[Stored items]
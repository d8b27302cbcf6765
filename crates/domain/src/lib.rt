// Fields held as sixteen numbers beside their domain, combined pointwise, and a domain walked from its lowest device up.
#![tactic(auto)]

ghost use Rattle.std.specs.Prelude.{◌≡◌, ◌≢◌, true, false, ◌∷◌, ℕ, ◌<◌, length, get_or, replicate, pos, bit_and, IfSome, IfNone};
ghost use Rattle.std.proofs.Math.Option.{none};
ghost use Rattle.std.specs.Int.Count.{count_trailing_zeros};
ghost use Rattle.std.specs.Iterator.{item_count};
ghost use Rattle.domain.specs.Walk.{Takes};
ghost use Rattle.bits.specs.Bits.{has_bit};
ghost use Rattle.number.specs.Number.{operator_of, operation_result, over};
ghost use Rattle.field.specs.Field.{everywhere, pointwise, faults_in};
ghost use Rattle.arith.specs.Named.{named};
ghost use Rattle.domain.specs.Held.{field_of, held};
ghost use Rattle.domain.specs.Members.{members, any_zero};

use arith::Operator;
use layout::DEVICES;

// A domain: bit k says whether device k + 1 is in it. As an iterator it gives its devices, counted from 0, lowest first.
#[derive(Clone, Copy, Drop)]
pub struct Domain {
    pub bits: u16,
}

impl Domain {
    // How many devices there are: "ones give its size". `zero_in` takes as many turns.
    #[tactic(auto, using(crate::proofs::Laws::walks))]
    pub fn size(self) -> u32
        ensures { result ≡ length (members self.bits) }
    {
        self.bits.count_ones()
    }

    // The devices that both have.
    pub fn shared(self, other: Domain) -> Domain
        ensures { result.bits ≡ bit_and self.bits other.bits }
    {
        Domain {
            bits: self.bits & other.bits,
        }
    }

    // The rest without the lowest device. Stays (b): apart from `split_lowest`, so that the compiler makes of it `bits & (bits - 1)`; in one function folds took half as long again.
    #[tactic(auto, using(crate::proofs::Laws::walks))]
    pub fn rest(self) -> Domain
        requires { 0 < self.bits }
        ensures { (result.bits < self.bits) × (members self.bits ≡ count_trailing_zeros 16 self.bits ∷ members result.bits) }
    {
        Domain {
            bits: self.bits - (1 << self.bits.trailing_zeros()),
        }
    }

    // The lowest device, counted from 0, and the rest without it.
    #[tactic(auto, using(crate::proofs::Laws::walks))]
    pub fn split_lowest(self) -> Option<(usize, Domain)>
        ensures none { IfNone result (self.bits ≡ 0) }
        ensures lowest { IfSome result (λ r. (r.0 < 16) × (r.0 ≡ count_trailing_zeros 16 self.bits)) }
        ensures rest { IfSome result (λ r. (r.1.bits < self.bits) × (members self.bits ≡ r.0 ∷ members r.1.bits)) }
    {
        if self.bits == 0 {
            return None;
        }
        Some((self.bits.trailing_zeros() as usize, self.rest()))
    }
}

impl Iterator for Domain {
    type Item = usize;

    ghost next_gives = { Takes };

    ghost remaining = { item_count (λ d. members d.bits) };

    #[tactic(auto, using(crate::proofs::Laws::walks))]
    fn next(&mut self) -> Option<usize> {
        let (lowest, rest) = self.split_lowest()?;
        *self = rest;
        Some(lowest)
    }
}

// A field: cells[k] is the number of device k + 1 where that is in its domain.
#[derive(Drop)]
pub struct Held {
    pub cells: [i32; DEVICES],
    pub dom: Domain,
}

impl Held {
    // A number at each device.
    #[tactic(auto, using(arith::proofs::Signs::reads), unfolding(crate::specs::Held::field_of, field::specs::Field::from))]
    pub fn spread(v: i32) -> Held
        ensures { held result ≡ everywhere v }
    {
        Held {
            cells: [v; DEVICES],
            dom: Domain { bits: u16::MAX },
        }
    }

    // The field of no device.
    #[tactic(auto, using(arith::proofs::Signs::reads), unfolding(crate::specs::Held::field_of, field::specs::Field::from))]
    pub fn no_field() -> Held
        ensures { held result ≡ replicate 16 none }
    {
        Held {
            cells: [0; DEVICES],
            dom: Domain { bits: 0 },
        }
    }

    // Whether the devices that two fields share have a divisor 0.
    #[tactic(auto, using(crate::proofs::Fields::fields))]
    pub fn faults_in(&self, o: Operator, right: &Held) -> bool
        ensures { result ≡ faults_in (named o) (held self.now) (held right.now) }
    {
        o == Operator::Over && zero_in(self.dom.shared(right.dom), &right.cells)
    }

    // An operator on two fields: at the devices that they share.
    #[tactic(auto, using(crate::proofs::Fields::fields))]
    pub fn shared(&self, o: Operator, right: &Held) -> Held
        requires { faults_in (named o) (held self.now) (held right.now) ≡ false }
        ensures { held result ≡ pointwise (named o) (held self.now) (held right.now) }
    {
        let dom = self.dom.shared(right.dom);
        Held {
            cells: lanes(o, dom, &self.cells, &right.cells),
            dom,
        }
    }
}

// Whether the devices that two fields share have a divisor 0, by the operator's number in a table. A field is lent as its domain and its cells.
#[tactic(auto, using(crate::proofs::Fields::fields))]
pub fn faults_in(
    o: u8,
    left: Domain,
    xs: &[i32; DEVICES],
    right: Domain,
    ys: &[i32; DEVICES],
) -> bool
    ensures { result ≡ faults_in (operator_of o) (field_of left.bits xs.now) (field_of right.bits ys.now) }
{
    Operator::from(o) == Operator::Over && zero_in(left.shared(right), ys)
}

// That operator on two fields, lent likewise.
#[tactic(auto, using(crate::proofs::Fields::fields))]
pub fn shared(o: u8, left: Domain, xs: &[i32; DEVICES], right: Domain, ys: &[i32; DEVICES]) -> Held
    requires { faults_in (operator_of o) (field_of left.bits xs.now) (field_of right.bits ys.now) ≡ false }
    ensures { held result ≡ pointwise (operator_of o) (field_of left.bits xs.now) (field_of right.bits ys.now) }
{
    let dom = left.shared(right);
    Held {
        cells: lanes(Operator::from(o), dom, xs, ys),
        dom,
    }
}

// Whether a cell in the domain is 0. The walk is as long as the size says, which goes down with each device.
#[tactic(auto, using(arith::proofs::Signs::reads, crate::proofs::Laws::none_in), unfolding(crate::specs::Members::any_zero))]
fn zero_in(dom: Domain, ys: &[i32; DEVICES]) -> bool
    ensures { result ≡ any_zero (members dom.bits) ys.now }
{
    let mut left = dom;
    for _ in 0..dom.size() {
        let Some((k, rest)) = left.split_lowest() else {
            unreachable!()
        };
        if ys[k] == 0 {
            return true;
        }
        left = rest;
    }
    false
}

// The quotients in the domain, where no divisor is 0. The other cells are 0.
fn each_div(dom: Domain, xs: &[i32; DEVICES], ys: &[i32; DEVICES]) -> [i32; DEVICES]
    requires { any_zero (members dom.bits) ys.now ≡ false }
    ensures { (k : ℕ) → k < 16 → has_bit k dom.bits ≡ true → get_or result k (pos 0) ≡ over (get_or xs.now k (pos 0)) (get_or ys.now k (pos 0)) }
{
    let mut out = [0; DEVICES];
    for k in dom {
        out[k] = arith::div(xs[k], ys[k]);
    }
    out
}

// What `of` gives on all sixteen cells, in the domain or not: so the loop has no test.
fn each<F: Fn(i32, i32) -> i32>(of: F, xs: &[i32; DEVICES], ys: &[i32; DEVICES]) -> [i32; DEVICES]
    requires { F.IsAlwaysCallable of }
    ensures { (k : ℕ) → k < 16 → F.post of (get_or xs.now k (pos 0)) (get_or ys.now k (pos 0)) (get_or result k (pos 0)) }
{
    let mut out = [0; DEVICES];
    for k in 0..DEVICES {
        out[k] = of(xs[k], ys[k]);
    }
    out
}

// The cells of an operator on two fields that share the devices of dom. Those that are no comparison have a loop of their own, with no switch a cell.
#[tactic(auto, using(arith::proofs::Signs::reads), unfolding(number::specs::Number::operation_result))]
fn lanes(o: Operator, dom: Domain, xs: &[i32; DEVICES], ys: &[i32; DEVICES]) -> [i32; DEVICES]
    requires { o ≡ Operator.Over → any_zero (members dom.bits) ys.now ≡ false }
    ensures { (k : ℕ) → k < 16 → has_bit k dom.bits ≡ true → get_or result k (pos 0) ≡ operation_result (named o) (get_or xs.now k (pos 0)) (get_or ys.now k (pos 0)) }
{
    match o {
        Operator::Over => each_div(dom, xs, ys),
        Operator::Plus => each(arith::add, xs, ys),
        Operator::Minus => each(arith::sub, xs, ys),
        Operator::Times => each(arith::mul, xs, ys),
        _ => {
            let operate = |x: i32, y: i32| -> i32
                requires { o ≢ Operator.Over }
                ensures { result ≡ operation_result (named o) x y }
            { o.operate(x, y) };
            each(operate, xs, ys)
        }
    }
}
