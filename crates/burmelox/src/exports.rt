// The exported functions.
ghost use Rattle.std.specs.Prelude.{◌≡◌, length};
ghost use Rattle.answers.specs.Answers.{says, Short};
ghost use Rattle.judging.specs.Check.{check_answer, output_of};
ghost use Rattle.judging.specs.Promises.{LongEnough, CheckPromises};
ghost use Rattle.evaluation.specs.Evaluations.{evaluation_answer, evaluation_of};
ghost use Rattle.evaluation.specs.Promises.{EvaluationPromises};
ghost use Rattle.floors.specs.Search.{answer_of, search_of, search_output};
ghost use Rattle.floors.specs.Promises.{SearchPromises};
ghost use Rattle.paging.specs.PageCheck.{page_answer, page_output, page_after};
ghost use Rattle.paging.specs.Promises.{PagePromises};
ghost use Rattle.burmelox.specs.Exports.{number_in, code_of, Accepted, Coded, told_value, Stores, told_floor, told_tried, Finds, Leaves};

use answers::answers::{Verdict, numbers_of};
use bounds::profiles::Profile;
use evaluation::evaluations::evaluate;
use floors::search::search;
use judging::check::check;
use paging::page_check::page_check;

// What a refusal's sheet and number are multiplied by.
const SHEET_UNIT: u64 = 4294967296;

const NUMBER_UNIT: u64 = 65536;

// k for an acceptance, sheet × 2^32 + number × 2^16 + index for a refusal.
pub(crate) fn code(verdict: Verdict) -> u64
    requires { Short 65536 (says verdict) }
    ensures { result ≡ code_of (says verdict) }
{
    let said = numbers_of(verdict);
    said.sheet as u64 * SHEET_UNIT + said.number as u64 * NUMBER_UNIT + said.value as u64
}

// Checks a claim and its proof within limits, under a site's profile, and writes the exact proof into the output where
// they are accepted.
#[unsafe(no_mangle)]
pub extern "C" fn burmelox_check(
    claim: &[u8],
    proof: &[u8],
    limits: &[u8],
    profile: Profile,
    output: &mut [u8],
) -> u64
    ensures code { result ≡ code_of (check_answer claim.now proof.now limits.now
        profile (length output.old)) }
    ensures answer { Coded (check_answer claim.now proof.now limits.now
        profile (length output.old)) result }
    ensures written { output.new
        ≡ output_of claim.now proof.now limits.now profile output.old }
    ensures promises { CheckPromises claim.now proof.now limits.now profile
        output.old (LongEnough proof.now output.old) (Accepted result) result
        output.new }
{
    code(check(claim, proof, limits, profile, output))
}

// The same with a page of 2,920 bytes for the verdict, which every refusal writes but that of a page of another length.
#[unsafe(no_mangle)]
pub extern "C" fn burmelox_check_page(
    claim: &[u8],
    proof: &[u8],
    limits: &[u8],
    profile: Profile,
    output: &mut [u8],
    page: &mut [u8],
) -> u64
    ensures code { result ≡ code_of (page_answer claim.now proof.now limits.now profile
        (length output.old) (length page.old)) }
    ensures answer { Coded (page_answer claim.now proof.now limits.now profile
        (length output.old) (length page.old)) result }
    ensures written { output.new ≡ page_output claim.now proof.now
        limits.now profile output.old (length page.old) }
    ensures page { page.new ≡ page_after claim.now proof.now
        limits.now profile (length output.old) page.old }
    ensures promises { PagePromises claim.now proof.now limits.now profile
        output.old page.old (Accepted result) result output.new page.new }
{
    code(page_check(claim, proof, limits, profile, output, page))
}

// Evaluates a claim's polynomial: 0 and the value, or the refusal's code and the value as it was.
#[unsafe(no_mangle)]
pub extern "C" fn burmelox_evaluate(
    claim: &[u8],
    profile: Profile,
    offsets: &[i32],
    value: &mut i64,
) -> u64
    ensures code { result ≡ code_of (evaluation_answer claim.now profile offsets.now) }
    ensures answer { Coded (evaluation_answer claim.now profile offsets.now) result }
    ensures written { value.new
        ≡ told_value (evaluation_of claim.now profile offsets.now) value.old }
    ensures kept { Leaves (result ≡ 0) value.old value.new }
    ensures promises { EvaluationPromises claim.now profile offsets.now
        (Stores result value.new) }
{
    match evaluate(claim, profile, offsets) {
        Ok(v) => {
            *value = v;
            0
        }
        Err(sheet) => code(Verdict::Refused(sheet)),
    }
}

// Searches for the highest floor from hi down to lo that is accepted within limits, and writes its exact proof into the
// output: the number of rows, the floor and the number of floors tried, or the refusal's code and both as they were.
#[unsafe(no_mangle)]
pub extern "C" fn burmelox_search(
    claim: &[u8],
    proof: &[u8],
    limits: &[u8],
    profile: Profile,
    lo: i64,
    hi: i64,
    output: &mut [u8],
    floor: &mut i64,
    tried: &mut u32,
) -> u64
    ensures code { result ≡ code_of (answer_of (search_of claim.now proof.now
        limits.now profile lo hi (length output.old))) }
    ensures answer { Coded (answer_of (search_of claim.now proof.now
        limits.now profile lo hi (length output.old))) result }
    ensures written { output.new ≡ search_output claim.now proof.now
        limits.now profile lo hi output.old }
    ensures floor { floor.new ≡ told_floor (search_of claim.now proof.now
        limits.now profile lo hi (length output.old)) floor.old }
    ensures tried { tried.new ≡ told_tried (search_of claim.now proof.now
        limits.now profile lo hi (length output.old)) tried.old }
    ensures kept { Leaves (Accepted result) floor.old floor.new
        × Leaves (Accepted result) tried.old tried.new }
    ensures promises { SearchPromises claim.now proof.now limits.now profile
        lo hi output.old (Finds result floor.new tried.new) (number_in result ≡ 23)
        output.new }
{
    match search(claim, proof, limits, profile, lo, hi, output) {
        Ok(highest) => {
            *floor = highest.floor;
            *tried = highest.tried;
            highest.rows as u64
        }
        Err(sheet) => code(Verdict::Refused(sheet)),
    }
}
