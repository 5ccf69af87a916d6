// The bounds of documents 01 and 02, whether a number is beyond ± a limit, and a site's own bounds.
#![tactic(auto)]

pub mod bounds;
pub mod profiles;
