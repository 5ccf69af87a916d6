// The exported functions that write the text of a sheet. A refusal writes nothing.
ghost use Rattle.std.specs.Prelude.{◌≡◌, length};
ghost use Rattle.bounds.specs.Profiles.{InRange, full_profile};
ghost use Rattle.claims.specs.ClaimChecks.{claim_answer};
ghost use Rattle.listings.specs.Listings.{listing_answer, listing_after, ListingPromises};
ghost use Rattle.claim_listing.specs.ClaimText.{claim_fields, FormedClaim};
ghost use Rattle.proof_listing.specs.OwnChecks.{own_answer as proofOwn};
ghost use Rattle.proof_listing.specs.ProofText.{proof_fields, FormedProof};
ghost use Rattle.limits_listing.specs.OwnChecks.{own_answer as limitsOwn, profile_answer};
ghost use Rattle.limits_listing.specs.LimitsText.{limits_fields, FormedLimits};
ghost use Rattle.limits_listing.specs.ProfileText.{profile_fields};
ghost use Rattle.burmelox.specs.Exports.{code_of, Accepted, Coded};

use crate::exports::code;
use bounds::profiles::Profile;
use claim_listing::claim_text::claim_text;
use limits_listing::limits_text::limits_text;
use limits_listing::profile_text::profile_text;
use proof_listing::proof_text::proof_text;

// The text of a claim and its length.
#[unsafe(no_mangle)]
pub extern "C" fn burmelox_claim_text(claim: &[u8], text: &mut [u8]) -> u64
    ensures code { result ≡ code_of (listing_answer (claim_answer claim.now full_profile)
        (claim_fields claim.now) (length text.old)) }
    ensures answer { Coded (listing_answer (claim_answer claim.now full_profile)
        (claim_fields claim.now) (length text.old)) result }
    ensures written { text.new ≡ listing_after (claim_answer claim.now full_profile)
        (claim_fields claim.now) text.old }
    ensures promises { ListingPromises FormedClaim claim_fields claim.now text.old
        (Accepted result) result text.new }
{
    code(claim_text(claim, text))
}

// The text of a proof and its length.
#[unsafe(no_mangle)]
pub extern "C" fn burmelox_proof_text(proof: &[u8], text: &mut [u8]) -> u64
    ensures code { result ≡ code_of (listing_answer (proofOwn proof.now)
        (proof_fields proof.now) (length text.old)) }
    ensures answer { Coded (listing_answer (proofOwn proof.now)
        (proof_fields proof.now) (length text.old)) result }
    ensures written { text.new ≡ listing_after (proofOwn proof.now)
        (proof_fields proof.now) text.old }
    ensures promises { ListingPromises FormedProof proof_fields proof.now text.old
        (Accepted result) result text.new }
{
    code(proof_text(proof, text))
}

// The text of a limits sheet and its length.
#[unsafe(no_mangle)]
pub extern "C" fn burmelox_limits_text(limits: &[u8], text: &mut [u8]) -> u64
    ensures code { result ≡ code_of (listing_answer (limitsOwn limits.now)
        (limits_fields limits.now) (length text.old)) }
    ensures answer { Coded (listing_answer (limitsOwn limits.now)
        (limits_fields limits.now) (length text.old)) result }
    ensures written { text.new ≡ listing_after (limitsOwn limits.now)
        (limits_fields limits.now) text.old }
    ensures promises { ListingPromises FormedLimits limits_fields limits.now text.old
        (Accepted result) result text.new }
{
    code(limits_text(limits, text))
}

// The text of a profile and its length.
#[unsafe(no_mangle)]
pub extern "C" fn burmelox_profile_text(profile: Profile, text: &mut [u8]) -> u64
    ensures code { result ≡ code_of (listing_answer (profile_answer profile) (profile_fields profile)
        (length text.old)) }
    ensures answer { Coded (listing_answer (profile_answer profile) (profile_fields profile)
        (length text.old)) result }
    ensures written { text.new ≡ listing_after (profile_answer profile) (profile_fields profile)
        text.old }
    ensures promises { ListingPromises InRange profile_fields profile text.old (Accepted result) result
        text.new }
{
    code(profile_text(profile, text))
}
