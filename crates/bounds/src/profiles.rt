// Profiles: a site's own bounds, within those of documents 01 and 02.
ghost use Rattle.std.specs.Prelude.{◌≡◌, not, false, ◌↔◌};
ghost use Rattle.bounds.specs.Profiles.{in_range, InRange};

use crate::bounds::{GREATEST_EXPONENT, GREATEST_WEIGHT, MOST_ROWS};

// The greatest exponent, the greatest weight and the most rows.
#[repr(C)]
#[derive(Clone, Copy)]
pub struct Profile {
    pub exponent: u32,
    pub weight: u32,
    pub rows: u32,
}

// The full profile: the largest in range.
pub const FULL: Profile = Profile {
    exponent: GREATEST_EXPONENT as u32,
    weight: GREATEST_WEIGHT as u32,
    rows: MOST_ROWS as u32,
};

// The least weight in range.
const LEAST_WEIGHT: u32 = 1;

// 27: whether the exponent, the weight or the rows are out of range.
#[tactic(auto, unfolding(crate::specs::Profiles::in_range))]
pub fn profile_wrong(profile: Profile) -> bool
    ensures test { result ≡ not (in_range profile) }
    ensures says { (result ≡ false) ↔ InRange profile }
{
    u32::from(GREATEST_EXPONENT) < profile.exponent
        || profile.weight < LEAST_WEIGHT
        || GREATEST_WEIGHT < u64::from(profile.weight)
        || MOST_ROWS < profile.rows as usize
}
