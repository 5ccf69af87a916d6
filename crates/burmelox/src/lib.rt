// The static library for C and Rust: the check, with a page and without, the evaluation, the search and the texts of
// sheets, their answers as one number.
#![tactic(auto)]

pub mod exports;
pub mod texts;
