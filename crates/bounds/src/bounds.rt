// The bounds of documents 01 and 02: `most` for what is counted, `greatest` for sizes. The definitions have the same
// names, and a contract that compares the two is proved only where they agree.
ghost use Rattle.std.specs.Prelude.{◌≡◌};
ghost use Rattle.bounds.specs.Bounds.{beyond};

use integers::magnitudes::magnitude;

pub const MOST_VARIABLES: usize = 8;

pub const MOST_TERMS: usize = 64;

pub const MOST_ROWS: usize = 256;

pub const GREATEST_EXPONENT: u8 = 120;

// of the scale: 2^20
pub const GREATEST_SCALE: u64 = 1048576;

// of the floor, coefficients and weights: 2^30
pub const GREATEST_WEIGHT: u64 = 1073741824;

// of a term's value: 2^56
pub const GREATEST_VALUE: u64 = 72057594037927936;

// of a search, from its lowest to its highest floor
pub const GREATEST_SPAN: u64 = 4095;

// of a variable's limit, and of its multiplier
pub const GREATEST_LIMIT: u16 = 1023;

pub const GREATEST_MULTIPLIER: u32 = 65536;

// Whether a number is beyond ± a limit.
#[tactic(auto, unfolding(crate::specs::Bounds::beyond))]
pub fn is_beyond(x: i64, limit: u64) -> bool
    ensures { result ≡ beyond limit x }
{
    limit < magnitude(x)
}
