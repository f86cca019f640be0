//! The description of a graph.
ghost use Rattle.std.specs.Prelude.{◌≢◌, ⊤, IfErr};
ghost use Rattle.pliron_driver_buffers.specs.Fills.{Fills};

use crate::buffer::fill;
use crate::status::{CallFailure, Status};
use pliron_driver::{MAX_TEXT, describe_graph};
use std::alloc::Global;

// What the program describes of a graph. Errors: the text is no graph or too long; allocation failure.
fn answer_of_graph(alloc: Global, text: &[u8]) -> Result<Vec<u8>, CallFailure>
    ensures { IfErr result (λ failure. failure ≢ CallFailure.Arguments) }
{
    if text.len() > MAX_TEXT {
        return Err(CallFailure::Text);
    }
    match describe_graph(alloc, text) {
        Ok(Some(answer)) => Ok(answer),
        Ok(None) => Err(CallFailure::Text),
        Err(error) => Err(CallFailure::of(error)),
    }
}

/// Puts a graph's orders, search numbers, kinds of edges and components into the buffer, and reports their length, or 0
/// where the text is no graph.
///
/// Nothing is written to the buffer unless the whole answer fits. Cost: linear in the text, but for an ordered map of
/// the numbers of its nodes and for sorting each component.
pub fn describe_graph_into(
    alloc: Global,
    text: &[u8],
    output: &mut [u8],
    needed: &mut usize,
) -> Status
    ensures { Fills (λ answer. ⊤) (λ failure. failure ≢ CallFailure.Arguments) output.old output.new needed.new result }
{
    fill(answer_of_graph(alloc, text), output, needed)
}
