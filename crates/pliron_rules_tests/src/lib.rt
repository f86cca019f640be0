//! Tests of `pliron_rewrite_rules`, `pliron_opt_combine` and `pliron_pass_linked`: views of operations of `Bench`,
//! what its rules make of texts, a worked program whose functions call one another, a pipeline on a module, and the laws
//! at their names.
#![tactic(auto)]

#[cfg(test)]
mod combining;
#[cfg(test)]
mod names;
#[cfg(test)]
mod pipeline;
#[cfg(test)]
mod views;
#[cfg(test)]
mod worked;
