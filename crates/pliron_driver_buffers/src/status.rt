//! What calls answer, and why no answer is known.
ghost use Rattle.std.specs.Prelude.{◌≡◌, ◌≢◌};
ghost use Rattle.pliron_driver_buffers.specs.declared.status.CallFailure.TheVariants.{Memory as ByMemory};

use pliron_laws::OptError;
use std::alloc::AllocError;
use thiserror::Error;

/// Why no answer is known.
#[derive(Clone, Copy, Debug, Drop, PartialEq, Eq, Error)]
pub enum CallFailure {
    /// The list isn't one of names of passes.
    #[error("words that ask for nothing")]
    Arguments,
    /// The text is outside the notation, or longer than texts may be.
    #[error("unreadable text")]
    Text,
    /// The passes gave up.
    #[error("refused")]
    Refused,
    /// Memory that was asked for was refused.
    #[error("want of memory")]
    Memory,
}

impl From<AllocError> for CallFailure {
    ghost from_gives = { λ _ failure. failure ≡ ByMemory };

    fn from(_refused: AllocError) -> CallFailure {
        CallFailure::Memory
    }
}

/// What a call answers.
#[derive(Clone, Copy, Debug, PartialEq, Eq)]
pub enum Status {
    /// The answer is in the buffer.
    Answered,
    /// The passes gave up.
    Refused,
    /// The text is outside the notation, or longer than texts may be.
    Text,
    /// The list isn't one of names of passes.
    Arguments,
    /// The answer is longer than the buffer.
    TooSmall,
    /// Memory that was asked for was refused.
    Memory,
}

impl CallFailure {
    ghost use Rattle.pliron_driver_buffers.specs.Statuses.{failure_of, status_of_failure};

    /// The failure of a call that gave up so. Cost: constant.
    pub fn of(error: OptError) -> Self
        ensures value { result ≡ failure_of error }
        ensures later { result ≢ CallFailure.Arguments }
    {
        match error {
            OptError::Memory => CallFailure::Memory,
            OptError::LiveUse
            | OptError::VerifyBefore
            | OptError::VerifyAfter
            | OptError::Pass(_) => CallFailure::Refused,
        }
    }

    /// The status that reports it. Cost: constant.
    pub fn status(self) -> Status
        ensures { result ≡ status_of_failure self }
    {
        match self {
            CallFailure::Arguments => Status::Arguments,
            CallFailure::Text => Status::Text,
            CallFailure::Refused => Status::Refused,
            CallFailure::Memory => Status::Memory,
        }
    }
}

impl Status {
    ghost use Rattle.pliron_driver_buffers.specs.Statuses.{number_of_status};

    /// The number by which other languages know it. Cost: constant.
    pub fn number(self) -> u32
        ensures { result ≡ number_of_status self }
    {
        match self {
            Status::Answered => 0,
            Status::Refused => 1,
            Status::Text => 2,
            Status::Arguments => 3,
            Status::TooSmall => 4,
            Status::Memory => 5,
        }
    }
}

* _Prompt_: Going through the records above, count the lines that include the word "floors". Give the number alone.

* _Output for this task_: 4